• Dataset extract:

ghost use Rattle.std.specs.Prelude.{◌≡◌};
ghost use Rattle.js_ops.specs.Compare.{kind_no, string_call_no, array_call_no, space_no, native_no, same_plain};
ghost use Rattle.js_ops.specs.Compare.{identical, order, of_both, ordered};

use crate::convert::to_number;
use crate::kinds::Fault;
use js_arena::{Arena, ArrayCall, ErrKind, NameSpace, Native, StringCall, Value};
use std::cmp::Ordering;

fn kind_no(kind: ErrKind) -> u32
    ensures { result ≡ kind_no kind }
{
    match kind {
        ErrKind::Error => 0,
        ErrKind::TypeError => 1,
        ErrKind::RangeError => 2,
        ErrKind::ReferenceError => 3,
        ErrKind::SyntaxError => 4,
    }
}

fn string_call_no(call: StringCall) -> u32
    ensures { result ≡ string_call_no call }
{
    match call {
        StringCall::CharCodeAt => 0,
        StringCall::IndexOf => 1,
        StringCall::Includes => 2,
        StringCall::StartsWith => 3,
        StringCall::EndsWith => 4,
        StringCall::Slice => 5,
        StringCall::Split => 6,
        StringCall::Trim => 7,
    }
}

fn array_call_no(call: ArrayCall) -> u32
    ensures { result ≡ array_call_no call }
{
    match call {
        ArrayCall::Push => 0,
        ArrayCall::Pop => 1,
        ArrayCall::Slice => 2,
        ArrayCall::Concat => 3,
        ArrayCall::IndexOf => 4,
        ArrayCall::Includes => 5,
        ArrayCall::Join => 6,
        ArrayCall::Map => 7,
        ArrayCall::Filter => 8,
        ArrayCall::ForEach => 9,
    }
}

fn space_no(space: NameSpace) -> u32
    ensures { result ≡ space_no space }
{
    match space {
        NameSpace::Console => 0,
        NameSpace::Json => 1,
        NameSpace::Object => 2,
        NameSpace::Array => 3,
    }
}

/// A number for each built-in; all differ by theirs.
fn native_no(native: Native) -> u64
    ensures { result ≡ native_no native }
{
    match native {
        Native::Log => 0,
        Native::JsonParse => 1,
        Native::JsonStringify => 2,
        Native::ObjectKeys => 3,
        Native::ObjectValues => 4,
        Native::ObjectEntries => 5,
        Native::IsArray => 6,
        Native::ToText => 7,
        Native::ToNumber => 8,
        Native::NameSpace(space) => 10 + space_no(space) as u64,
        Native::ErrorKind(kind) => 20 + kind_no(kind) as u64,
        Native::StringCall(call) => 30 + string_call_no(call) as u64,
        Native::ArrayCall(call) => 40 + array_call_no(call) as u64,
    }
}

/// Two values that are no strings are the same.
fn same_plain(a: Value, b: Value) -> bool
    ensures { result ≡ same_plain a b }
{
    match (a, b) {
        (Value::Undefined, Value::Undefined) => true,
        (Value::Null, Value::Null) => true,
        (Value::Bool(a), Value::Bool(b)) => if a { b } else { !b },
        (Value::Number(a), Value::Number(b)) => a == b,
        (Value::Cell(a), Value::Cell(b)) => a.0 == b.0,
        (Value::Native(a), Value::Native(b)) => native_no(a) == native_no(b),
        (Value::Handle(a), Value::Handle(b)) => a.0 == b.0,
        _ => false,
    }
}

/// Strict equality (ECMA-262, section 7.2.13): strings by their units.
pub fn identical(arena: &Arena, a: Value, b: Value) -> bool
    ensures { result ≡ identical a b arena.now }
{
    match (arena.text(a), arena.text(b)) {
        (Some(s), Some(t)) => *s == *t,
        (None, None) => same_plain(a, b),
        _ => false,
    }
}

fn ordered(a: Result<i64, Fault>, b: Result<i64, Fault>) -> Result<Ordering, Fault>
    ensures { result ≡ of_both ordered a b }
{
    match (a, b) {
        (Ok(a), Ok(b)) => Ok(a.cmp(&b)),
        (Ok(_), Err(fault)) => Err(fault),
        (Err(fault), _) => Err(fault),
    }
}

/// The order of two strings by their units, else of two numbers (section 7.2.14).
pub fn order(arena: &Arena, a: Value, b: Value) -> Result<Ordering, Fault>
    ensures { result ≡ order a b arena.now }
{
    match (arena.text(a), arena.text(b)) {
        (Some(s), Some(t)) => Ok(s.cmp(t)),
        _ => ordered(to_number(arena, a), to_number(arena, b)),
    }
}
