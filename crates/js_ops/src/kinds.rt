use js_arena::Value;
use wd_base::Units;

/// The operators between two operands that are computed from their values (ECMA-262, sections 13.7,
/// 13.8, 13.10 and 13.11). Those of a syntax tree are kinds of the tree's own crate; `??`, `||` and
/// `&&` are no operations, since they may leave their right side out.
#[derive(Clone, Copy, Debug, PartialEq, Eq)]
pub enum Binary {
    /// `===`
    Identical,
    /// `!==`
    NotIdentical,
    /// `<`
    Less,
    /// `<=`
    LessEqual,
    /// `>`
    Greater,
    /// `>=`
    GreaterEqual,
    /// `+`
    Add,
    /// `-`
    Subtract,
    /// `*`
    Multiply,
    /// `/`
    Divide,
    /// `%`
    Remainder,
}

/// The operators before an operand that are computed from its value (section 13.5).
#[derive(Clone, Copy, Debug, PartialEq, Eq)]
pub enum Unary {
    /// `!`
    Not,
    /// `-`
    Negate,
    /// `typeof`
    TypeOf,
}

/// The operations on two numbers.
#[derive(Clone, Copy, Debug, PartialEq, Eq)]
pub enum NumberOp {
    Sum,
    Difference,
    Product,
    Quotient,
    Remainder,
}

/// What is asked of an order.
#[derive(Clone, Copy, Debug, PartialEq, Eq)]
pub enum OrderTest {
    Less,
    LessEqual,
    Greater,
    GreaterEqual,
}

/// Why there is no result of a conversion or an operation.
#[derive(Clone, Copy, Debug, PartialEq, Eq)]
pub enum Fault {
    /// TypeError `not convertible`
    NotConvertible,
    /// RangeError `not a safe integer`
    NotSafe,
    /// RangeError `division by zero`
    DivisionByZero,
}

/// What an operation computes, before the heap is changed: the units of a new string, a value, or
/// the fault that is thrown.
#[derive(Debug, Drop)]
pub enum Computed {
    Gives(Units),
    GivesValue(Value),
    Throws(Fault),
}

• Work to be completed:
All of the data above must be repeated exactly.

• Reply:
ghost use Rattle.std.specs.Prelude.{◌≡◌};
ghost use Rattle.js_ops.specs.Compare.{kind_no, string_call_no, array_call_no, space_no, native_no, same_plain};
ghost use Rattle.js_ops.specs.Compare.{identical, order, of_both, ordered};

use crate::convert::to_number;
use crate::kinds::Fault;
use js_arena::{Arena, ArrayCall, ErrKind, NameSpace, Native, StringCall, Value};
use std::cmp::Ordering;

fn kind_no(kind: ErrKind) -> u32
    ensures { result ≡ kind_no kind }
{
    match kind {
        ErrKind::Error => 0,
        ErrKind::TypeError => 1,
        ErrKind::RangeError => 2,
        ErrKind::ReferenceError => 3,
        ErrKind::SyntaxError => 4,
    }
}

fn string_call_no(call: StringCall) -> u32
    ensures { result ≡ string_call_no call }
{
    match call {
        StringCall::CharCodeAt => 0,
        StringCall::IndexOf => 1,
        StringCall::Includes => 2,
        StringCall::StartsWith => 3,
        StringCall::EndsWith => 4,
        StringCall::Slice => 5,
        StringCall::Split => 6,
        StringCall::Trim => 7,
    }
}

fn array_call_no(call: ArrayCall) -> u32
    ensures { result ≡ array_call_no call }
{
    match call {
        ArrayCall::Push => 0,
        ArrayCall::Pop => 1,
        ArrayCall::Slice => 2,
        ArrayCall::Concat => 3,
        ArrayCall::IndexOf => 4,
        ArrayCall::Includes => 5,
        ArrayCall::Join => 6,
        ArrayCall::Map => 7,
        ArrayCall::Filter => 8,
        ArrayCall::ForEach => 9,
    }
}

fn space_no(space: NameSpace) -> u32
    ensures { result ≡ space_no space }
{
    match space {
        NameSpace::Console => 0,
        NameSpace::Json => 1,
        NameSpace::Object => 2,
        NameSpace::Array => 3,
    }
}

/// A number for each built-in; all differ by theirs.
fn native_no(native: Native) -> u64
    ensures { result ≡ native_no native }
{
    match native {
        Native::Log => 0,
        Native::JsonParse => 1,
        Native::JsonStringify => 2,
        Native::ObjectKeys => 3,
        Native::ObjectValues => 4,
        Native::ObjectEntries => 5,
        Native::IsArray => 6,
        Native::ToText => 7,
        Native::ToNumber => 8,
        Native::NameSpace(space) => 10 + space_no(space) as u64,
        Native::ErrorKind(kind) => 20 + kind_no(kind) as u64,
        Native::StringCall(call) => 30 + string_call_no(call) as u64,
        Native::ArrayCall(call) => 40 + array_call_no(call) as u64,
    }
}

/// Two values that are no strings are the same.
fn same_plain(a: Value, b: Value) -> bool
    ensures { result ≡ same_plain a b }
{
    match (a, b) {
        (Value::Undefined, Value::Undefined) => true,
        (Value::Null, Value::Null) => true,
        (Value::Bool(a), Value::Bool(b)) => if a { b } else { !b },
        (Value::Number(a), Value::Number(b)) => a == b,
        (Value::Cell(a), Value::Cell(b)) => a.0 == b.0,
        (Value::Native(a), Value::Native(b)) => native_no(a) == native_no(b),
        (Value::Handle(a), Value::Handle(b)) => a.0 == b.0,
        _ => false,
    }
}

/// Strict equality (ECMA-262, section 7.2.13): strings by their units.
pub fn identical(arena: &Arena, a: Value, b: Value) -> bool
    ensures { result ≡ identical a b arena.now }
{
    match (arena.text(a), arena.text(b)) {
        (Some(s), Some(t)) => *s == *t,
        (None, None) => same_plain(a, b),
        _ => false,
    }
}

fn ordered(a: Result<i64, Fault>, b: Result<i64, Fault>) -> Result<Ordering, Fault>
    ensures { result ≡ of_both ordered a b }
{
    match (a, b) {
        (Ok(a), Ok(b)) => Ok(a.cmp(&b)),
        (Ok(_), Err(fault)) => Err(fault),
        (Err(fault), _) => Err(fault),
    }
}

/// The order of two strings by their units, else of two numbers (section 7.2.14).
pub fn order(arena: &Arena, a: Value, b: Value) -> Result<Ordering, Fault>
    ensures { result ≡ order a b arena.now }
{
    match (arena.text(a), arena.text(b)) {
        (Some(s), Some(t)) => Ok(s.cmp(t)),
        _ => ordered(to_number(arena, a), to_number(arena, b)),
    }
}
filename crates/js_ops/src/kinds.rt
use js_arena::Value;
use wd_base::Units;

/// The operators between two operands that are computed from their values (ECMA-262, sections 13.7,
/// 13.8, 13.10 and 13.11). Those of a syntax tree are kinds of the tree's own crate; `??`, `||` and
/// `&&` are no operations, since they may leave their right side out.
#[derive(Clone, Copy, Debug, PartialEq, Eq)]
pub enum Binary {
    /// `===`
    Identical,
    /// `!==`
    NotIdentical,
    /// `<`
    Less,
    /// `<=`
    LessEqual,
    /// `>`
    Greater,
    /// `>=`
    GreaterEqual,
    /// `+`
    Add,
    /// `-`
    Subtract,
    /// `*`
    Multiply,
    /// `/`
    Divide,
    /// `%`
    Remainder,
}

/// The operators before an operand that are computed from its value (section 13.5).
#[derive(Clone, Copy, Debug, PartialEq, Eq)]
pub enum Unary {
    /// `!`
    Not,
    /// `-`
    Negate,
    /// `typeof`
    TypeOf,
}

/// The operations on two numbers.
#[derive(Clone, Copy, Debug, PartialEq, Eq)]
pub enum NumberOp {
    Sum,
    Difference,
    Product,
    Quotient,
    Remainder,
}

/// What is asked of an order.
#[derive(Clone, Copy, Debug, PartialEq, Eq)]
pub enum OrderTest {
    Less,
    LessEqual,
    Greater,
    GreaterEqual,
}

/// Why there is no result of a conversion or an operation.
#[derive(Clone, Copy, Debug, PartialEq, Eq)]
pub enum Fault {
    /// TypeError `not convertible`
    NotConvertible,
    /// RangeError `not a safe integer`
    NotSafe,
    /// RangeError `division by zero`
    DivisionByZero,
}

/// What an operation computes, before the heap is changed: the units of a new string, a value, or
/// the fault that is thrown.
#[derive(Debug, Drop)]
pub enum Computed {
    Gives(Units),
    GivesValue(Value),
    Throws(Fault),
}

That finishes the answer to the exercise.